Work request:
From the entries below, copy every line that holds the word "items".
◆ ◆ ◆
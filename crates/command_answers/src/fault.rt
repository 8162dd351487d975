//! Why a command gives no text, once the bytes of its files are there.
ghost use Rattle.std.specs.Prelude.{◌≡◌};
ghost use Rattle.command_answers.specs.declared.fault.Fault.TheVariants.{Traced};
ghost use Rattle.trace_tool.specs.declared.fault.TraceFault.TheVariants.{Memory};

use dom_base::OutOfMemory;
use trace_tool::TraceFault;

/// A fault of a text, a deck or a stimulus, or want of memory; or a network of so many sinks, of which exact
/// signs aren't sought.
#[derive(Debug, Drop)]
pub enum Fault {
    Traced(TraceFault),
    TooManySinks { count: u64 },
}

impl From<TraceFault> for Fault {
    ghost from_gives = { λ fault e. e ≡ Traced fault };

    fn from(fault: TraceFault) -> Self {
        Fault::Traced(fault)
    }
}

impl From<OutOfMemory> for Fault {
    ghost from_gives = { λ _ e. e ≡ Traced Memory };

    fn from(_: OutOfMemory) -> Self {
        Fault::Traced(TraceFault::Memory)
    }
}
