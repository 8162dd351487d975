//! The command `synth FILE` with its options: the deck of the network of a file.
ghost use Rattle.std.specs.Prelude.{◌≡◌, ◌≤◌, IfOk, IsErrOf, length};
ghost use Rattle.dom_io.specs.Held.{file_limit};
ghost use Rattle.command_words.specs.SynthOptionWords.{AreGoodOptions};
ghost use Rattle.deck_form.specs.AskedOptions.{deck_options};
ghost use Rattle.deck_form.specs.ChosenDecks.{IsDeckOfSigns};
ghost use Rattle.command_answers.specs.Decks.{IsDeckFor, IsLeastDeckFor, IsWholeText};
ghost use Rattle.command_answers.specs.RightDecks.{IsRightBy};
ghost use Rattle.command_answers.specs.Methods.{AreSignsOf, HasNamesFor, HasSignsOf, IsSuited, IsUndecked, IsUnsuited};
ghost use Rattle.command_words.specs.declared.command.Method.TheVariants.{Exact, Plain};
ghost use Rattle.command_answers.specs.declared.answer.Ending.TheVariants.{Done};
ghost use Rattle.command_answers.specs.declared.fault.Fault.{Fault as AnyFault};

use crate::answer::{Answer, Ending};
use crate::fault::Fault;
use command_words::Method;
use compound_flow::synth_compound;
use deck::Circuit;
use dom_base::OutOfMemory;
use exact_phase::exact;
use gate_decompose::decompose;
use network::Network;
use spice_text::write;
use std::alloc::Global;
use synth_flow::{DeckVersion, SynthOptions, deck_text, synth_signs, synth_skew};
use trace_tool::network_of_text;

/// The greatest number of sinks of which exact signs are sought.
const MOST_EXACT_SINKS: usize = 12;

/// The deck of the network of these bytes, which are those of a file, with options and by a method.
pub fn synth(
    alloc: Global,
    bytes: &[u8],
    options: SynthOptions,
    method: Method,
) -> Result<Answer, Fault>
    requires within { length bytes.now ≤ file_limit }
    requires good_options { AreGoodOptions options }
    ensures deck { IfOk result (λ answer. IsDeckFor bytes.now options method answer.text.items × (answer.ending ≡ Done)) }
    ensures right { IfOk result (λ answer. IsRightBy method bytes.now options answer.text.items
        × HasSignsOf method bytes.now answer.text.items × IsLeastDeckFor bytes.now options method answer.text.items) }
    ensures refused { (why : AnyFault) → IsErrOf result why → IsUndecked method bytes.now why }
{
    let network = network_of_text(alloc, bytes)?;
    let text = text_of(alloc, network, options, method)?;
    let ending = Ending::Done;
    Ok(Answer { text, ending })
}

/// The text of the deck of a network with options, by a method.
fn text_of(
    alloc: Global,
    network: Network,
    options: SynthOptions,
    method: Method,
) -> Result<Vec<u8>, Fault>
    requires good_options { AreGoodOptions options }
    ensures text { IfOk result (λ text. IsWholeText network options method text.items) }
    ensures suited { IfOk result (λ _. IsSuited method network) }
    ensures names { IfOk result (λ _. HasNamesFor method network) }
    ensures refused { (why : AnyFault) → IsErrOf result why → IsUnsuited method network why }
{
    match method {
        Method::Plain(version) => {
            let text = plain_text(alloc, network, options, version)?;
            Ok(text)
        }
        Method::Exact => {
            let circuit = exact_circuit(alloc, &network, options)?;
            drop(network);
            circuit.whole();
            let text = write(alloc, &circuit)?;
            Ok(text)
        }
        Method::Skew => {
            let circuit = synth_skew(alloc, &network, options.bounds, options.phases)?;
            drop(network);
            circuit.whole();
            let text = write(alloc, &circuit)?;
            Ok(text)
        }
        Method::Compound => {
            let circuit = synth_compound(alloc, &network, options.bounds, options.phases)?;
            drop(network);
            circuit.whole();
            let text = write(alloc, &circuit)?;
            Ok(text)
        }
    }
}

/// The text, in a version, of the deck of a network with options, of the chosen signs.
fn plain_text(
    alloc: Global,
    network: Network,
    options: SynthOptions,
    version: DeckVersion,
) -> Result<Vec<u8>, OutOfMemory>
    requires good_options { AreGoodOptions options }
    ensures { IfOk result (λ text. IsWholeText network options (Plain version) text.items) }
{
    let text = deck_text(alloc, network, options, version)?;
    Ok(text)
}

/// The circuit of a network with options, of the signs that need the fewest pairs of all.
fn exact_circuit(alloc: Global, network: &Network, options: SynthOptions) -> Result<Circuit, Fault>
    requires good_options { AreGoodOptions options }
    ensures circuit { IfOk result (IsDeckOfSigns (AreSignsOf Exact) network.now (deck_options options)) }
    ensures suited { IfOk result (λ _. IsSuited Exact network.now) }
    ensures refused { (why : AnyFault) → IsErrOf result why → IsUnsuited Exact network.now why }
{
    let sinks = network.outputs.len() + network.latches.len();
    if sinks > MOST_EXACT_SINKS {
        return Err(Fault::TooManySinks {
            count: sinks as u64,
        });
    }
    let gates = decompose(alloc, network)?;
    let exact = exact(alloc, &gates)?;
    drop(gates);
    let circuit = synth_signs(alloc, network, options, exact.signs.as_slice())?;
    Ok(circuit)
}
◆ ◆ ◆
Your solution:
    ensures deck { IfOk result (λ answer. IsDeckFor bytes.now options method answer.text.items × (answer.ending ≡ Done)) }
    ensures right { IfOk result (λ answer. IsRightBy method bytes.now options answer.text.items
        × HasSignsOf method bytes.now answer.text.items × IsLeastDeckFor bytes.now options method answer.text.items) }
    ensures text { IfOk result (λ text. IsWholeText network options method text.items) }
    ensures { IfOk result (λ text. IsWholeText network options (Plain version) text.items) }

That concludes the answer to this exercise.